Anyway, fb-osc was used on UDB, the answer is emphatically yes.
btw I am using the past tense here because I haven't kept up with FB mysql stuff the past few years. I don't even know if UDB is still on mysql at all; it's irrelevant to the discussion because the key point here is that schema changes emphatically did occur on UDB for many years, and your original statement regarding TAO and schema changes was demonstrably false, full stop.
> If so, at what frequency?
As I already said, I do not recall! Why would I remember the exact frequency of a completely and seamlessly automated process at a company I left 6 years ago?
UDB didn't require fb-osc changes nearly as often as non-UDB, if that's what you're asking, by nature of it serializing most (not all!) object fields down to a single column. But there were definitely still cases where actual schema changes were necessary on UDB tables, as I'll say yet again, the schema was not completely uniform across all UDB tables.
What's with this obsession on the frequency, anyway? Why does this matter? Your original statement was "the schemas are pretty much static, and they don't feel the schema migration pain", and this statement was wrong. Stop moving the goalpost.
> Until then, sorry, we will keep advocating people to stay away from MySQL (and thus indirectly, skeema), because "long wait and potential incident from schema migration" is just not something that should come up during a sprint planning.

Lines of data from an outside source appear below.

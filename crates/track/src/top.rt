//! The top calls.
ghost use Rattle.std.specs.Prelude.{◌≡◌, IfErr, IfSome, IsSome, OnOk, false, true};
ghost use Rattle.word_line.specs.declared.command.Command.TheVariants.{Check, FromJson, Run};
ghost use Rattle.word_line.specs.Forms.{bytes_of, command_of};
ghost use Rattle.track.specs.Bodies.{IsAnswered, IsEnded};
ghost use Rattle.track.specs.Results.{HasLoad, is_made_alike, is_served, text_alone};
ghost use Rattle.track.specs.Ends.{EndsAs, EndsIf, Tells, streams};
ghost use Rattle.track.specs.Sounds.{WritesSoundly};
ghost use Rattle.track.specs.Transfer.{IsEndOf, write_status};
ghost use Rattle.track.specs.declared.status.Status.TheVariants.{BadWords, Done};

use crate::answer::{Answer, make_answer};
use crate::json::answer_json;
use crate::judging::judge_parts;
use crate::run::answer_by_threads;
use crate::status::Status;
use crate::stop::WriteStop;
use crate::transfer::{read_all, read_text};
use crate::trial::{write_made, write_trial};
use crate::writing::write_body;
use make_load::words_are_loads;
use net_reader::{MAX_BYTES, inputs_are_valid};
use outside::{Sink, Source};
use own_reports::own_reports_are_sound_texts;
use report_check::cut_text;
use runner::Gate;
use std::alloc::{AllocError, Global};
use std::thread::Threads;
use word_line::{Command, read_words};

// How many bytes a text may have that has a report.
const MAX_TEXT_BYTES: usize = 67_108_864;

// Writes an answer, and tells the status to end with.
fn write_whole<K: Sink>(alloc: Global, answer: &Answer, sink: &mut K) -> Status
    ensures { IsAnswered answer.now result
        (K.written sink.old) (K.written sink.new) (K.faults sink.old) (K.faults sink.new) }
{
    match write_body(alloc, &answer.body, sink) {
        Ok(()) => answer.status,
        Err(stop) => Status::from(stop),
    }
}

// Writes an answer, if there was memory for one, and tells the status to end with.
fn write_answer<K: Sink>(alloc: Global, answer: Result<Answer, AllocError>, sink: &mut K) -> Status
    ensures { IsEnded answer result
        (K.written sink.old) (K.written sink.new) (K.faults sink.old) (K.faults sink.new) }
{
    match answer {
        Ok(answer) => write_whole(alloc, &answer, sink),
        Err(AllocError) => Status::OutOfMemory,
    }
}

// Reads the input, and writes what answers it.
fn perform<S: Source, K: Sink>(
    alloc: Global,
    command: Command,
    source: &mut S,
    sink: &mut K,
) -> Status
    requires { is_made_alike command ≡ true }
    ensures ends { EndsAs command result
        (streams
        (S.left source.old) (S.faults source.old) (K.written sink.old) (K.faults sink.old))
        (streams
        (S.left source.new) (S.faults source.new) (K.written sink.new) (K.faults sink.new)) }
    ensures rest { IsEndOf (S.left source.old) (S.left source.new) }
{
    match read_all(alloc, source) {
        Ok(reader) => write_answer(alloc, make_answer(alloc, command, reader), sink),
        Err(stop) => Status::from(stop),
    }
}

// Reads an input and a report, and writes the verdict on it.
fn perform_check<S: Source, K: Sink>(alloc: Global, source: &mut S, sink: &mut K) -> Status
    ensures ends { EndsAs Check result
        (streams
        (S.left source.old) (S.faults source.old) (K.written sink.old) (K.faults sink.old))
        (streams
        (S.left source.new) (S.faults source.new) (K.written sink.new) (K.faults sink.new)) }
    ensures rest { IsEndOf (S.left source.old) (S.left source.new) }
{
    let text = match read_text(alloc, source, MAX_TEXT_BYTES) {
        Ok(text) => text,
        Err(stop) => return Status::from(stop),
    };
    let parts = cut_text(&text);
    if parts.input.len() > MAX_BYTES {
        return Status::TooLong;
    }
    write_answer(alloc, judge_parts(alloc, parts.input, parts.report), sink)
}

// Reads JSON, and writes the text of the input that it tells.
fn perform_json<S: Source, K: Sink>(alloc: Global, source: &mut S, sink: &mut K) -> Status
    ensures ends { EndsAs FromJson result
        (streams
        (S.left source.old) (S.faults source.old) (K.written sink.old) (K.faults sink.old))
        (streams
        (S.left source.new) (S.faults source.new) (K.written sink.new) (K.faults sink.new)) }
    ensures rest { IsEndOf (S.left source.old) (S.left source.new) }
{
    match read_text(alloc, source, MAX_BYTES) {
        Ok(text) => write_answer(alloc, answer_json(alloc, &text), sink),
        Err(stop) => Status::from(stop),
    }
}

// Reads the input, and writes the report of what threads make of its calls.
fn perform_by_threads<R: Threads + Sync, S: Source, K: Sink, G: Gate>(
    rt: &R,
    alloc: Global,
    source: &mut S,
    sink: &mut K,
    gate: &G,
    tries: u64,
) -> Status
    ensures ends { EndsAs Run result
        (streams
        (S.left source.old) (S.faults source.old) (K.written sink.old) (K.faults sink.old))
        (streams
        (S.left source.new) (S.faults source.new) (K.written sink.new) (K.faults sink.new)) }
    ensures rest { IsEndOf (S.left source.old) (S.left source.new) }
{
    match read_all(alloc, source) {
        Ok(reader) => {
            let answer = answer_by_threads(rt, alloc, reader, gate, tries);
            write_answer(alloc, answer, sink)
        }
        Err(stop) => Status::from(stop),
    }
}

// How a call ends that has written its text, or stopped.
fn status_of(written: Result<(), WriteStop>) -> Status
    ensures done { OnOk written (result ≡ Done) }
    ensures stopped { IfErr written (λ stop. result ≡ write_status stop) }
{
    match written {
        Ok(()) => Status::Done,
        Err(stop) => Status::from(stop),
    }
}

// Does what a command says, without threads: `run` is none of the commands that it serves.
fn serve<S: Source, K: Sink>(
    alloc: Global,
    command: Command,
    source: &mut S,
    sink: &mut K,
) -> Status
    requires { HasLoad command }
    ensures ends { EndsIf (is_served false command) command result
        (streams
        (S.left source.old) (S.faults source.old) (K.written sink.old) (K.faults sink.old))
        (streams
        (S.left source.new) (S.faults source.new) (K.written sink.new) (K.faults sink.new)) }
    ensures untouched { result ≡ BadWords → (source.new ≡ source.old) × (sink.new ≡ sink.old) }
    ensures unread { IsSome (text_alone command) → source.new ≡ source.old }
    ensures rest { IsEndOf (S.left source.old) (S.left source.new) }
{
    match command {
        Command::Run => Status::BadWords,
        Command::Check => perform_check(alloc, source, sink),
        Command::FromJson => perform_json(alloc, source, sink),
        Command::Make(load) => status_of(write_made(alloc, load, sink)),
        Command::Trial(load) => status_of(write_trial(alloc, load, sink)),
        Command::Cover
        | Command::Replay
        | Command::Census
        | Command::Costs
        | Command::Stretch
        | Command::ToJson
        | Command::ReplayJson
        | Command::MeanCover
        | Command::MeanReplay
        | Command::MeanStretch => perform(alloc, command, source, sink),
    }
}

// Does what a command says; threads serve `run`.
fn serve_by_threads<R: Threads + Sync, S: Source, K: Sink, G: Gate>(
    rt: &R,
    alloc: Global,
    command: Command,
    source: &mut S,
    sink: &mut K,
    gate: &G,
    tries: u64,
) -> Status
    requires { HasLoad command }
    ensures ends { EndsIf (is_served true command) command result
        (streams
        (S.left source.old) (S.faults source.old) (K.written sink.old) (K.faults sink.old))
        (streams
        (S.left source.new) (S.faults source.new) (K.written sink.new) (K.faults sink.new)) }
    ensures untouched { result ≡ BadWords → (source.new ≡ source.old) × (sink.new ≡ sink.old) }
    ensures unread { IsSome (text_alone command) → source.new ≡ source.old }
    ensures rest { IsEndOf (S.left source.old) (S.left source.new) }
{
    match command {
        Command::Run => perform_by_threads(rt, alloc, source, sink, gate, tries),
        Command::Cover
        | Command::Replay
        | Command::Census
        | Command::Costs
        | Command::Stretch
        | Command::Check
        | Command::ToJson
        | Command::FromJson
        | Command::ReplayJson
        | Command::MeanCover
        | Command::MeanReplay
        | Command::MeanStretch
        | Command::Make(_)
        | Command::Trial(_) => serve(alloc, command, source, sink),
    }
}

/// Does what the words say, the program's name left out, and answers the status to end with.
///
/// docs/FORMATS.md tells the forms of the words, the input, the texts and the statuses. `cover`
/// writes the plan of the input's network, `replay` the report of what becomes of its calls under
/// its order, `census` tells who is where at their end, `costs` what its moves cost, and `stretch`
/// how many times its distance a find may weigh; `meancover`, `meanreplay` and `meanstretch` write
/// the plan, the report and the stretches over mean covers, `tojson` and `replayjson` the input and
/// its report as JSON, and `fromjson` the input that JSON tells. `check`
/// reads an input and a report of it, and writes the verdict. `make` and `trial` read nothing: the
/// one writes a made input, the other the summary of its replay. `run` needs threads
/// ([`command_with_threads`]), and ends here as words that are no form do. Nothing is written
/// before the source answered its end, and the first fault of the source or the sink ends the work.
/// Status 0 comes with the whole text, and 1 with the line that refuses the input; 2 are words that
/// read and write nothing; 3 is want of memory; 4 a fault of the source; 5 a fault of the sink,
/// where what was written begins the text; 6 an input, or a text with a report, that is too long; 8
/// comes with the line that tells a report's first flaw. What `replay` writes with status 0 is a
/// sound report of the input, in the report's own words (docs/BELIEF.md).
pub fn command<S: Source, K: Sink>(
    alloc: Global,
    words: &[String],
    source: &mut S,
    sink: &mut K,
) -> u8
    ensures told { Tells false (command_of (bytes_of words.now)) result
        (streams
        (S.left source.old) (S.faults source.old) (K.written sink.old) (K.faults sink.old))
        (streams
        (S.left source.new) (S.faults source.new) (K.written sink.new) (K.faults sink.new)) }
    ensures sound { WritesSoundly (command_of (bytes_of words.now)) result
        (S.left source.old) (K.written sink.old) (K.written sink.new) }
    ensures untouched { result ≡ 2 → (source.new ≡ source.old) × (sink.new ≡ sink.old) }
    ensures unread { IfSome (command_of (bytes_of words.now))
        (λ command. IsSome (text_alone command)) → source.new ≡ source.old }
    ensures rest { IsEndOf (S.left source.old) (S.left source.new) }
{
    inputs_are_valid();
    own_reports_are_sound_texts();
    words_are_loads();
    match read_words(words) {
        Ok(command) => u8::from(serve(alloc, command, source, sink)),
        Err(_) => u8::from(Status::BadWords),
    }
}

/// Does what the words say, as [`command`] does, and serves `run` too: it writes the report of what
/// becomes of the input's calls when a thread for each actor makes them, under the order of their
/// tickets, which the report prints whole; so that [`command`] on the same input with that order
/// and `replay` writes the same. The gate is asked before each visit, and each thread gives up
/// after so many turns that were lost or not allowed; the visits that are left are then made actor
/// by actor. It neither waits nor asks who comes first.
pub fn command_with_threads<R: Threads + Sync, S: Source, K: Sink, G: Gate>(
    rt: &R,
    alloc: Global,
    words: &[String],
    source: &mut S,
    sink: &mut K,
    gate: &G,
    tries: u64,
) -> u8
    ensures told { Tells true (command_of (bytes_of words.now)) result
        (streams
        (S.left source.old) (S.faults source.old) (K.written sink.old) (K.faults sink.old))
        (streams
        (S.left source.new) (S.faults source.new) (K.written sink.new) (K.faults sink.new)) }
    ensures sound { WritesSoundly (command_of (bytes_of words.now)) result
        (S.left source.old) (K.written sink.old) (K.written sink.new) }
    ensures untouched { result ≡ 2 → (source.new ≡ source.old) × (sink.new ≡ sink.old) }
    ensures unread { IfSome (command_of (bytes_of words.now))
        (λ command. IsSome (text_alone command)) → source.new ≡ source.old }
    ensures rest { IsEndOf (S.left source.old) (S.left source.new) }
{
    inputs_are_valid();
    own_reports_are_sound_texts();
    words_are_loads();
    match read_words(words) {
        Ok(command) => {
            let status = serve_by_threads(rt, alloc, command, source, sink, gate, tries);
            u8::from(status)
        }
        Err(_) => u8::from(Status::BadWords),
    }
}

Until when? Who is "we"? You aren't making sense. First your argument was that Facebook supposedly doesn't make schema changes at all, and now you're seemingly pivoting to bashing MySQL for needing external OSC tools, even though your original comment directly acknowledged that PG has cases where lack of these tools is a major problem?
> but still, that doesn't answer the question, at all? That's just relying on MySQL native replication that works across different engines.
What's relying on native replication? Changing a table's storage engine inherently requires rewriting the entire table.
> Anyway, fb-osc was used on UDB, the answer is emphatically yes.
Thank you for answering. I stand corrected then. I also wrongly assumed that it was pt-osc, because that's what get mentioned at your website - "This feature works most easily for pt-online-schema-change"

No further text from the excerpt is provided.